The prosecutors noted in their Brief in the Court of Appeals that Doyal and Riley are members of the Commissioners Court while the Grand Jury indicted Davenport for his alleged

“intent to promote or assist the commission of the offense described herein, solicit, encourage, direct, aid or attempt to aid…”

the defendants in their meeting in a number less than a quorum to circumvent TOMA.

Recent revelations about Davenport’s claimed work as a “sworn deputy” and a person in the office of the Justice of the Peace, Precinct 4, James Metts, may impact the proceedings, since Davenport is arguably a County government agent, although the State has not yet raised those factual issues.

Doyal and Riley each paid political boss Davenport $5,000 to negotiate the terms of a new bond referendum for November, 2015, after conservative activists had led a campaign to defeat the May, 2015, bond referendum which had included a proposal to build the Woodlands Parkway Extension.
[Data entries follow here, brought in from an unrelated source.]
//! Which objects are in a cell.

ghost use Rattle.std.specs.Prelude.{◌≡◌, ◌<◌, length};
ghost use Rattle.std.specs.List.{list_any, list_all};
ghost use Rattle.pz_sheet.specs.Presence.{holds_one, holds_each, holds_both, holds_if, cell_of};

use crate::Level;

impl Level {
    /// The number of cells.
    pub fn cell_count(&self) -> usize
        ensures { result ≡ length self.now.grid.cells }
    {
        self.bare.cell_count()
    }

    /// Whether one of the objects is in the cell of this number. Objects are numbered in the game's order, cells row by row, both from 0.
    pub fn holds_one(&self, index: usize, objects: &[usize]) -> bool
        requires { index < length self.now.grid.cells }
        ensures { result ≡ holds_one objects.now (cell_of self.now.grid index) }
    {
        for object in objects {
            if self.bare.is_in(index, *object) {
                return true;
            }
        }
        false
    }

    /// Whether each of the objects is in the cell of this number.
    pub fn holds_each(&self, index: usize, objects: &[usize]) -> bool
        requires { index < length self.now.grid.cells }
        ensures { result ≡ holds_each objects.now (cell_of self.now.grid index) }
    {
        for object in objects {
            if !self.bare.is_in(index, *object) {
                return false;
            }
        }
        true
    }

    /// Whether some cell holds both one of `objects` and one of `others`.
    pub fn some_holds(&self, objects: &[usize], others: &[usize]) -> bool
        ensures { result ≡ list_any (holds_both objects.now others.now) self.now.grid.cells }
    {
        self.bare.some_holds(objects, others)
    }

    /// Whether each cell that holds one of `objects` also holds one of `others`.
    pub fn all_hold(&self, objects: &[usize], others: &[usize]) -> bool
        ensures { result ≡ list_all (holds_if objects.now others.now) self.now.grid.cells }
    {
        self.bare.all_hold(objects, others)
    }
}
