/// Whether a row still holds at a place. A row without a gap holds only at places with the gap 0.
fn still_holds(level: &Level, dir: Dir, row: &Row, place: Place) -> bool
    requires of_game { IsRowOf level.now.grid.layers row.now }
    ensures { result ≡ still_holds level.now.grid dir (row.now, place) }
{
    if row.gap_at().is_none() && place.gap != 0 {
        return false;
    }
    match level.bare().sheet() {
        AnySheet::Small(sheet) => holds_in(sheet, row, dir, place),
        AnySheet::Middle(sheet) => holds_in(sheet, row, dir, place),
        AnySheet::Large(sheet) => holds_in(sheet, row, dir, place),
    }
}

/// Whether the rows of an instance's left all hold, each at its place. False if the number of places differs, if a cell is off the map, or
/// if a place of a row without a gap has a gap above 0.
pub fn still_matches(level: &Level, instance: &Instance, places: &[Place]) -> bool
    requires of_game { AreRowsOf level.now.grid.layers instance.now.left }
    ensures { result ≡ still_matches level.now.grid instance.now places.now }
{
    let rows = instance.left.items();
    if places.len() != rows.len() {
        return false;
    }
    for index in 0..rows.len() {
        if !still_holds(level, instance.scan, &rows[index], places[index]) {
            return false;
        }
    }
    true
}
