//! Rows of one cell, rewritten without the loops that rows of several need.

ghost use Rattle.std.specs.Prelude.{◌≡◌};
ghost use Rattle.pz_game.specs.Pattern.{AreOf};
ghost use Rattle.pz_sheet.specs.Grid.{SameSize};
ghost use Rattle.pz_grid.specs.Marks.{IsWidenedBy};
ghost use Rattle.pz_game.specs.Items.{names_object};
ghost use Rattle.pz_grid.specs.Places.{row_of_one};
ghost use Rattle.pz_grid.specs.Rewriting.{in_rewrite, rewritten_row};

use crate::Level;
use crate::placing::Place;
use pz_game::direction::Dir;
use pz_game::pattern::Pattern;

impl Level {
    /// Rewrites a row of one cell at its place. True: this or an earlier rewriting changed a cell. It doesn't test whether the row holds,
    /// and does nothing off the map.
    pub fn rewrite_cell(
        &mut self,
        dir: Dir,
        place: Place,
        left: &Pattern,
        right: &Pattern,
        changed: bool,
    ) -> bool
        requires left_of { AreOf self.old.grid.layers left.now }
        requires right_of { AreOf self.old.grid.layers right.now }
        ensures rewritten { in_rewrite self.new.grid result ≡
            rewritten_row dir (in_rewrite self.old.grid changed) (place, (row_of_one left.now, row_of_one right.now)) }
        ensures size { SameSize self.old.grid self.new.grid }
        ensures marks { IsWidenedBy self.old self.new (λ object. names_object object right.now) }
    {
        let at = self.position_of(dir, None, place, 0);
        self.rewrite_at(at, left, right, changed)
    }
}
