//! A test of a level's headings for all rows that ask for one of several headings.

ghost use Rattle.std.specs.Prelude.{◌≡◌, [], false};
ghost use Rattle.pz_game.specs.declared.direction.Dir.{Dir};
ghost use Rattle.pz_game.specs.Pattern.{RuleRow, IsRowOf, AsksAmong};
ghost use Rattle.pz_grid.specs.Places.{places};

use crate::Level;
use pz_program::headings::Headings;

impl Level {
    /// Whether the level's headings allow one of those in `asked`. If false, no row that asks for one of these has a place, in any
    /// direction.
    pub fn may_head_in(&self, asked: &Headings) -> bool
        ensures { result ≡ false → (row : RuleRow) (dir : Dir) → IsRowOf self.now.grid.layers row →
            AsksAmong asked.now row.cells → places self.now.grid row dir ≡ [] }
    {
        self.bare().may_head_in(asked.words())
    }
}
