//! A level made equal to another of its size by copying the cells in which they may differ.

ghost use Rattle.std.specs.Prelude.{◌≡◌, ◌<◌, All, length};
ghost use Rattle.pz_bare.specs.Differing.{DifferWithin};
ghost use Rattle.pz_grid.specs.Marks.{IsExact};
ghost use Rattle.pz_sheet.specs.Grid.{SameSize};

use crate::Level;
use crate::marks::mark_lines;
use pz_bare::BareLevel;

impl Level {
    /// Makes this level equal to another of the same size, marks and all, by copying some of its cells. Before, they differ at most in
    /// these.
    pub fn take_cells_of(&mut self, other: &Level, cells: &[usize])
        requires size { SameSize self.old.grid other.now.grid }
        requires within { All (λ index. index < length self.old.grid.cells) cells.now }
        requires rest { DifferWithin cells.now self.old.grid other.now.grid }
        ensures { self.new ≡ other.now }
    {
        // (brings the proof the law of both levels)
        let _ = (self.width(), other.width());
        self.bare.take_cells_of(&other.bare, cells);
        self.row_marks.copy_from_slice(&other.row_marks);
        self.column_marks.copy_from_slice(&other.column_marks);
        self.level_marks = other.level_marks;
    }

    /// Makes this level equal to a bare one of the same size by copying some of its cells, and its marks exactly what stands in each line.
    /// Before, they differ at most in these cells.
    pub fn take_bare_cells_of(&mut self, other: &BareLevel, cells: &[usize])
        requires size { SameSize self.old.grid other.now.grid }
        requires within { All (λ index. index < length self.old.grid.cells) cells.now }
        requires rest { DifferWithin cells.now self.old.grid other.now.grid }
        ensures grid { self.new.grid ≡ other.now.grid }
        ensures exact { IsExact self.new }
    {
        // (brings the proof the law of the level)
        let _ = self.width();
        self.bare.take_cells_of(other, cells);
        self.level_marks = mark_lines(&self.bare, &mut self.row_marks, &mut self.column_marks);
    }
}
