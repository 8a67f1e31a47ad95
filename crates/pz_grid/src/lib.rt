//! Levels of a game: loaded, read, compared, matched, rewritten, pushed and moved. Marks let the search skip lines where a row can't start.
#![tactic(auto)]

ghost use Rattle.std.specs.Prelude.{◌≡◌, ◌<◌, ℕ, Some, None};
ghost use Rattle.pz_sets.specs.Sets.{member};
ghost use Rattle.pz_sheet.specs.Grid.{IsLawful};
ghost use Rattle.pz_grid.specs.Marks.{IsMarked};
ghost use Rattle.pz_sheet.specs.Standing.{stands, heading_at};

use pz_bare::BareLevel;
use pz_game::direction::Dir;
use std::marker::Model;

mod admitting;
mod differing;
mod headed;
mod marks;
mod movement;
mod one_cell;
pub mod placing;
mod presence;
mod pushing;
pub mod rewriting;
mod sameness;

pub use movement::resolve;
pub use placing::{GridFault, MATCH_LIMIT, Place, admitted, places, places_counted, still_matches};
pub use pushing::push_players;
pub use pz_sets::set::NumberSet;
pub use rewriting::rewrite;
pub use sameness::same;

/// A level: what stands in its cells, and its marks. Each row, each column and the whole level has as marks a set of at least the objects
/// that stand there.
pub struct Level {
    bare: BareLevel,
    row_marks: Vec<NumberSet>,
    column_marks: Vec<NumberSet>,
    level_marks: NumberSet,
}

/// Written out, as for a sheet.
impl Drop for Level {
    fn drop(self) {
        let Level {
            bare,
            row_marks,
            column_marks,
            level_marks: _,
        } = self;
        drop(bare);
        drop(row_marks);
        drop(column_marks);
    }
}

impl Model for Level {
    ghost use Rattle.pz_sheet.specs.Grid.{LevelState};
    ghost use Rattle.pz_grid.specs.Marks.{IsMarked};

    ghost Value = { LevelState };

    ghost view = { λ a. record {
      grid = a.bare.grid;
      row_marks = a.row_marks.items;
      column_marks = a.column_marks.items;
      level_marks = a.level_marks;
    } };

    ghost invariant = { λ a. IsMarked (record {
      grid = a.bare.grid;
      row_marks = a.row_marks.items;
      column_marks = a.column_marks.items;
      level_marks = a.level_marks;
    }) };
}

impl Level {
    /// What stands in its cells.
    pub fn bare(&self) -> &BareLevel
        ensures { result.now.grid ≡ self.now.grid }
    {
        &self.bare
    }

    /// The number of columns.
    pub fn width(&self) -> u32
        ensures width { result ≡ self.now.grid.width }
        ensures lawful { IsLawful self.now.grid }
        ensures marked { IsMarked self.now }
    {
        self.bare.width()
    }

    /// The number of rows.
    pub fn height(&self) -> u32
        ensures height { result ≡ self.now.grid.height }
        ensures lawful { IsLawful self.now.grid }
        ensures marked { IsMarked self.now }
    {
        self.bare.height()
    }

    /// Whether the object of this number stands at the position. Objects are numbered from 0 in the game's order. The answer is false off
    /// the map and for a number without an object.
    pub fn has(&self, x: u32, y: u32, object: usize) -> bool
        ensures { result ≡ stands self.now.grid x y object }
    {
        match self.bare.piece(x, y, object) {
            Some(_) => true,
            None => false,
        }
    }

    /// The objects that stand at the position. Off the map there are none.
    pub fn objects_at(&self, x: u32, y: u32) -> NumberSet
        ensures { (object : ℕ) → member result object ≡ stands self.now.grid x y object }
    {
        self.bare.objects_at(x, y)
    }

    /// Where the object at the position heads. `None`: it is still, or isn't there.
    pub fn dir_of(&self, x: u32, y: u32, object: usize) -> Option<Dir>
        ensures { result ≡ heading_at self.now.grid x y object }
    {
        match self.bare.piece(x, y, object) {
            Some(piece) => piece.heading,
            None => None,
        }
    }
}
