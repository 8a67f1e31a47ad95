//! Whether two levels are the same.

ghost use Rattle.std.specs.Prelude.{◌≡◌, ◌↔◌, IsTrue};
ghost use Rattle.pz_sheet.specs.Sameness.{same_grid};

use crate::Level;

impl Level {
    /// Whether two levels are the same: in their size, in their layers, and in what stands and heads on each layer of each cell. Marks
    /// don't count.
    pub fn same(&self, other: &Level) -> bool
        ensures same { result ≡ same_grid self.now.grid other.now.grid }
        ensures equal { IsTrue result ↔ (self.now.grid ≡ other.now.grid) }
    {
        self.bare.equals(&other.bare)
    }
}

/// Whether two levels are the same. Marks don't count.
pub fn same(level: &Level, other: &Level) -> bool
    ensures same { result ≡ same_grid level.now.grid other.now.grid }
    ensures equal { IsTrue result ↔ (level.now.grid ≡ other.now.grid) }
{
    level.same(other)
}
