//! The rewriting of cells by the instances of rules.

ghost use Rattle.std.specs.Prelude.{false, ◌≡◌, IfSome};
ghost use Rattle.pz_program.specs.Instance.{IsInstanceOf};
ghost use Rattle.pz_game.specs.Pattern.{AreOf, IsRowOf, AreRowsOf};
ghost use Rattle.pz_sheet.specs.Grid.{IsOnMap, IsLawful, IsOfGame, SameSize};
ghost use Rattle.pz_grid.specs.Marks.{IsMarked, IsMarkedAt, IsWidenedBy, row_places, places_object};
ghost use Rattle.pz_game.specs.Items.{names_object};
ghost use Rattle.pz_sheet.specs.Rewriting.{with_rewritten, changes};
ghost use Rattle.pz_grid.specs.Rewriting.{in_rewrite, rewritten_at, rewritten_row, after_rewriting};

use crate::Level;
use crate::placing::Place;
use pz_game::direction::Dir;
use pz_game::game::Game;
use pz_game::pattern::{Pattern, Row};
use pz_program::instance::Instance;

impl Level {
    /// Rewrites the cell at a position, and says whether the cell changed. What the right places must be marked there.
    fn rewrite_marked(&mut self, x: u32, y: u32, left: &Pattern, right: &Pattern) -> bool
        requires on_map { IsOnMap self.old.grid x y }
        requires left_of { AreOf self.old.grid.layers left.now }
        requires right_of { AreOf self.old.grid.layers right.now }
        requires marked { IsMarkedAt self.old x y (λ object. names_object object right.now) }
        ensures level { self.new.grid ≡ with_rewritten self.old.grid x y left.now right.now }
        ensures changed { result ≡ changes self.old.grid x y left.now right.now }
        ensures row_marks { self.new.row_marks ≡ self.old.row_marks }
        ensures column_marks { self.new.column_marks ≡ self.old.column_marks }
    {
        self.bare.rewrite(x, y, left, right)
    }

    /// Rewrites the cell at a position, and says whether the cell changed.
    fn rewrite_position(&mut self, x: u32, y: u32, left: &Pattern, right: &Pattern) -> bool
        requires on_map { IsOnMap self.old.grid x y }
        requires left_of { AreOf self.old.grid.layers left.now }
        requires right_of { AreOf self.old.grid.layers right.now }
        ensures level { self.new.grid ≡ with_rewritten self.old.grid x y left.now right.now }
        ensures changed { result ≡ changes self.old.grid x y left.now right.now }
        ensures marks { IsWidenedBy self.old self.new (λ object. names_object object right.now) }
    {
        // (brings the proof the law of levels)
        let _ = self.width();
        self.mark_placed(x, y, right);
        self.rewrite_marked(x, y, left, right)
    }

    /// Rewrites the cell at a position, or nothing where that is off the map. True: this or an earlier rewriting changed a cell.
    /// (Inlined, because rows of one cell and of several both come here.)
    #[inline(always)]
    pub(crate) fn rewrite_at(
        &mut self,
        at: Option<(u32, u32)>,
        left: &Pattern,
        right: &Pattern,
        changed: bool,
    ) -> bool
        requires on_map { IfSome at (λ position. IsOnMap self.old.grid position.0 position.1) }
        requires left_of { AreOf self.old.grid.layers left.now }
        requires right_of { AreOf self.old.grid.layers right.now }
        ensures rewritten { in_rewrite self.new.grid result ≡
            rewritten_at (in_rewrite self.old.grid changed) left.now right.now at }
        ensures size { SameSize self.old.grid self.new.grid }
        ensures marks { IsWidenedBy self.old self.new (λ object. names_object object right.now) }
    {
        match at {
            None => changed,
            Some((x, y)) => {
                let changes = self.rewrite_position(x, y, left, right);
                changed || changes
            }
        }
    }

    /// Rewrites a row at its place, cell by cell, each as the cells before have left it.
    fn rewrite_row(
        &mut self,
        dir: Dir,
        place: Place,
        left: &Row,
        right: &Row,
        changed_before: bool,
    ) -> bool
        requires left_of { IsRowOf self.old.grid.layers left.now }
        requires right_of { IsRowOf self.old.grid.layers right.now }
        ensures rewritten { in_rewrite self.new.grid result ≡
            rewritten_row dir (in_rewrite self.old.grid changed_before) (place, (left.now, right.now)) }
        ensures size { SameSize self.old.grid self.new.grid }
        ensures marks { IsWidenedBy self.old self.new (λ object. row_places object right.now) }
    {
        let gap_at = left.gap_at();
        let left = left.cells();
        let right = right.cells();
        let mut changed = changed_before;
        for index in 0..left.len().min(right.len()) {
            let at = self.position_of(dir, gap_at, place, index);
            changed = self.rewrite_at(at, &left[index], &right[index], changed);
        }
        changed
    }

    /// Rewrites the cells of an instance at the places of its rows, row by row and cell by cell. True: this or an earlier rewriting changed
    /// a cell. It doesn't test whether the rows hold, and skips cells off the map. Rules `match.rewriting`, `rules.no-right`.
    pub fn rewrite_all(
        &mut self,
        instance: &Instance,
        places: &[Place],
        changed_before: bool,
    ) -> bool
        requires left_of { AreRowsOf self.old.grid.layers instance.now.left }
        requires right_of { AreRowsOf self.old.grid.layers instance.now.right }
        ensures rewritten { in_rewrite self.new.grid result ≡
            after_rewriting instance.now places.now (in_rewrite self.old.grid changed_before) }
        ensures size { SameSize self.old.grid self.new.grid }
        ensures marks { IsWidenedBy self.old self.new (places_object instance.now.right) }
    {
        let left = instance.left.items();
        let right = instance.right.items();
        let mut changed = changed_before;
        for index in 0..places.len().min(left.len().min(right.len())) {
            changed = self.rewrite_row(
                instance.scan,
                places[index],
                &left[index],
                &right[index],
                changed,
            );
        }
        changed
    }
}

/// Rewrites the cells of an instance at the places of its rows. True: some rewriting changed a cell, even if a later one gave it back. It
/// doesn't test whether the rows hold, and skips cells off the map. Rows without a place and places without a row are left out.
pub fn rewrite(game: &Game, level: &mut Level, instance: &Instance, places: &[Place]) -> bool
    requires level_of { IsOfGame game.now level.old.grid }
    requires right_of { IsInstanceOf game.now.layers instance.now }
    ensures rewritten { in_rewrite level.new.grid result ≡
        after_rewriting instance.now places.now (in_rewrite level.old.grid false) }
    ensures size { SameSize level.old.grid level.new.grid }
    ensures marks { IsWidenedBy level.old level.new (places_object instance.now.right) }
    ensures lawful { IsLawful level.new.grid }
    ensures marked { IsMarked level.new }
{
    let changed = level.rewrite_all(instance, places, false);
    // (brings the proof the law of levels)
    let _ = level.width();
    changed
}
Voters in Commissioners Precinct 3 (mainly The Woodlands) and Commissioners Precinct 2 (Magnolia and surrounding areas) had voted overwhelmingly against the bond referendum in May 2015 while voters in other parts of Montgomery County had supported it.

Faced with serious criminal charges that could potentially lead to Doyal’s and Riley’s removal from office for “official misconduct,” Doyal, Riley, and Davenport, who clearly controls many of the actions and policy decisions of Doyal and Riley, sought a dismissal of the criminal cases against them by claiming that the TOMA statute is unconstitutional. As the State of Texas noted in its Court of Appeals Brief, there was no testimony yet in the trial court concerning the facts that gave rise to the indictments. Rather, the hearing before the trial court was primarily a bunch of lawyers who claimed to be experts in TOMA.

The trial judge, Visiting District Judge Randy Clapp of Wharton County, had dismissed the cases against Doyal, Riley, and Davenport on April 4, 2017, at the urging of Doyal’s very expensive attorney Rusty Hardin whom Doyal has paid several hundred thousand dollars from his campaign funds and from a separate legal defense fund that individuals strongly interested in the construction of the TX 249 Tollway had established.

The Beaumont Court of Appeals reinstated the indictments, issued judgment against all three criminal defendants – Doyal, Riley, and Davenport – and ordered them to pay the State of Texas’ court costs of several thousand dollars incurred in the appeal.